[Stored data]
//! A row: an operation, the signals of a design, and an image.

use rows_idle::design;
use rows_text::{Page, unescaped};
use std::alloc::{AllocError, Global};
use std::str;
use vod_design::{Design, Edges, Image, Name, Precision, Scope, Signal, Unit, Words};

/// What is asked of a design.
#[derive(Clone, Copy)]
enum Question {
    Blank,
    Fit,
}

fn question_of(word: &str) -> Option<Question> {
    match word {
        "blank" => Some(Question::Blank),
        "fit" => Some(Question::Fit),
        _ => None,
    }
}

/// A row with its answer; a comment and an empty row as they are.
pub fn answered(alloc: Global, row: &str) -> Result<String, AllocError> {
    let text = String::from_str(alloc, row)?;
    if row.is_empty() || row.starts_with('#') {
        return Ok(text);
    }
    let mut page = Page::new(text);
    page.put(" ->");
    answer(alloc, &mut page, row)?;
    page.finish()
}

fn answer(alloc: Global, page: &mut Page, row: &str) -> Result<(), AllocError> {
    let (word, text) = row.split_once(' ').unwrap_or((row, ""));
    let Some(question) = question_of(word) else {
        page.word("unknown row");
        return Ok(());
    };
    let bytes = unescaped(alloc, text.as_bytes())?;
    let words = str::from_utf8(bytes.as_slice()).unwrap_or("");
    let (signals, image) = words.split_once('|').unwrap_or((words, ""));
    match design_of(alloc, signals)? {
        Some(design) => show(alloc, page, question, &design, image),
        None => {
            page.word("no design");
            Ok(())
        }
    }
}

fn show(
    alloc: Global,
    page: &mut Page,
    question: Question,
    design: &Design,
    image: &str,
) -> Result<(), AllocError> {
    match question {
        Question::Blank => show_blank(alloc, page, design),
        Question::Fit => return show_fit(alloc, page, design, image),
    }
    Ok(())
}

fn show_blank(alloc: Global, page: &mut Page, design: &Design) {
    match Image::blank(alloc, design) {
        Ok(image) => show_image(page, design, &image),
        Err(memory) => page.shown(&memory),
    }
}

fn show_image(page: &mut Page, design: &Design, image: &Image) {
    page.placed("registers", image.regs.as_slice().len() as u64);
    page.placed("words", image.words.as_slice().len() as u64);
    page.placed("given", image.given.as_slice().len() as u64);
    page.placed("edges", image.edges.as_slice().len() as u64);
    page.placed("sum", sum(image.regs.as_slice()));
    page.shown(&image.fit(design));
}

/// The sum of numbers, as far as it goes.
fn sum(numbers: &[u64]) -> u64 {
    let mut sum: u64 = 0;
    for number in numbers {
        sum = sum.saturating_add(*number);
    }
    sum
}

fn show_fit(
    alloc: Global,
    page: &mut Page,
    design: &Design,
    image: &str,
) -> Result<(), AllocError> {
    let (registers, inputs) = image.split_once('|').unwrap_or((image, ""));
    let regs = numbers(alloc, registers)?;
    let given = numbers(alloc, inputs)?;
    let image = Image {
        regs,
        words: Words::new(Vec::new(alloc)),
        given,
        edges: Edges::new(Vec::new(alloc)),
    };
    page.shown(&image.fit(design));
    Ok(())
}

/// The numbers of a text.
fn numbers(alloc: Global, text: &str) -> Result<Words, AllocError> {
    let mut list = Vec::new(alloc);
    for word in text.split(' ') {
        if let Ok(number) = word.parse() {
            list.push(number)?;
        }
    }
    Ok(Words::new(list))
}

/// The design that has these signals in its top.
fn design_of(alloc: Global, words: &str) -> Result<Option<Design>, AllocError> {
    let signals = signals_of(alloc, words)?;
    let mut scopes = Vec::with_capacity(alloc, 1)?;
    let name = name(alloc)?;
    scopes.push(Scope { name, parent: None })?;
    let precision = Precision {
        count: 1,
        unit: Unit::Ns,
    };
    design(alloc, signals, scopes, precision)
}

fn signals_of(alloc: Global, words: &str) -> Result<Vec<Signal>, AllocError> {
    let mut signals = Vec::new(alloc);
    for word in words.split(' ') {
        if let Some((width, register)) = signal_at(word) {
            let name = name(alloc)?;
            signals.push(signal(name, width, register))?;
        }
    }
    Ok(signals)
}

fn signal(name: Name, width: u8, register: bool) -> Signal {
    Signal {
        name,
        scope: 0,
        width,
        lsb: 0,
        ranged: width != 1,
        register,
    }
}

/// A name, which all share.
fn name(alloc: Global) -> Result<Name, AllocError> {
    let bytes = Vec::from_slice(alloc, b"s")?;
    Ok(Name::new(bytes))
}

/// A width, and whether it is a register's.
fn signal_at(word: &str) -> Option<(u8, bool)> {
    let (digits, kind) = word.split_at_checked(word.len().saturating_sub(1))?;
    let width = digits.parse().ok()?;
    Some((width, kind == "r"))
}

**Task**: Your job is to print exactly the lines that run from the top of the entries through the line with "fn question_of(word: &str)", and no others.

**Answer section**:
//! A row: an operation, the signals of a design, and an image.

use rows_idle::design;
use rows_text::{Page, unescaped};
use std::alloc::{AllocError, Global};
use std::str;
use vod_design::{Design, Edges, Image, Name, Precision, Scope, Signal, Unit, Words};

/// What is asked of a design.
#[derive(Clone, Copy)]
enum Question {
    Blank,
    Fit,
}

fn question_of(word: &str) -> Option<Question> {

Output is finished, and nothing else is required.